//! The machine that reads Bicep: its states, what is open on its stack, and what each token does to them.
//!
//! A caller may rely on `specs/Machine` (`step` is where a token leads, `parsed` what all tokens are read as) and
//! on two laws: the machine reads what the grammar of `bicep_tree` spells, and nothing else. `specs/Views` says
//! which state and stack the types of the code mean, and each function builds one part as the machine does
//! (`specs/Kept`, `specs/Closing`). A part that nests above the limit is not kept, and is no part of another.
#![tactic(auto)]

mod build;
mod closing;
mod discard;
mod filing;
mod frame;
mod kept;
mod laws;
mod pairs;
mod parts;
mod state;
mod word;
mod words;

pub use build::{
    access_of, array_of, call_of, index_of, literal_at, named, not_null_of, parentheses_of,
    text_of, with_hole, with_item,
};
pub use closing::closed;
pub use discard::Discard;
pub use filing::file;
pub use frame::{Assigned, Callee, Frame, Front, Header, close, empty_file, header_of, open};
pub use kept::{Kept, MAX_PART_NESTING, deeper, empty, flat};
pub use laws::{what_is_read_is_spelled, what_is_spelled_is_read};
pub use pairs::pair_of;
pub use parts::{
    body_each, body_each_if, body_if, body_plain, braced, decorator_of, each_of, loop_of,
    no_decorators, object_of, plain_of, property_of, statement_of, with_decorator, with_each,
    with_expression, with_member, with_statement,
};
pub use state::{Next, State, enter, refuse, run_out};
pub use word::{Owner, Word};
pub use words::{
    is_existing, is_for, is_if, is_in, is_resource, is_sys, level_of, namespace_of, type_of,
    word_of,
};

* [WORK TASK] Set down all of the entries exactly, please.

* [WRITTEN SOLUTION]
//! The machine that reads Bicep: its states, what is open on its stack, and what each token does to them.
//!
//! A caller may rely on `specs/Machine` (`step` is where a token leads, `parsed` what all tokens are read as) and
//! on two laws: the machine reads what the grammar of `bicep_tree` spells, and nothing else. `specs/Views` says
//! which state and stack the types of the code mean, and each function builds one part as the machine does
//! (`specs/Kept`, `specs/Closing`). A part that nests above the limit is not kept, and is no part of another.
#![tactic(auto)]

mod build;
mod closing;
mod discard;
mod filing;
mod frame;
mod kept;
mod laws;
mod pairs;
mod parts;
mod state;
mod word;
mod words;

pub use build::{
    access_of, array_of, call_of, index_of, literal_at, named, not_null_of, parentheses_of,
    text_of, with_hole, with_item,
};
pub use closing::closed;
pub use discard::Discard;
pub use filing::file;
pub use frame::{Assigned, Callee, Frame, Front, Header, close, empty_file, header_of, open};
pub use kept::{Kept, MAX_PART_NESTING, deeper, empty, flat};
pub use laws::{what_is_read_is_spelled, what_is_spelled_is_read};
pub use pairs::pair_of;
pub use parts::{
    body_each, body_each_if, body_if, body_plain, braced, decorator_of, each_of, loop_of,
    no_decorators, object_of, plain_of, property_of, statement_of, with_decorator, with_each,
    with_expression, with_member, with_statement,
};
pub use state::{Next, State, enter, refuse, run_out};
pub use word::{Owner, Word};
pub use words::{
    is_existing, is_for, is_if, is_in, is_resource, is_sys, level_of, namespace_of, type_of,
    word_of,
};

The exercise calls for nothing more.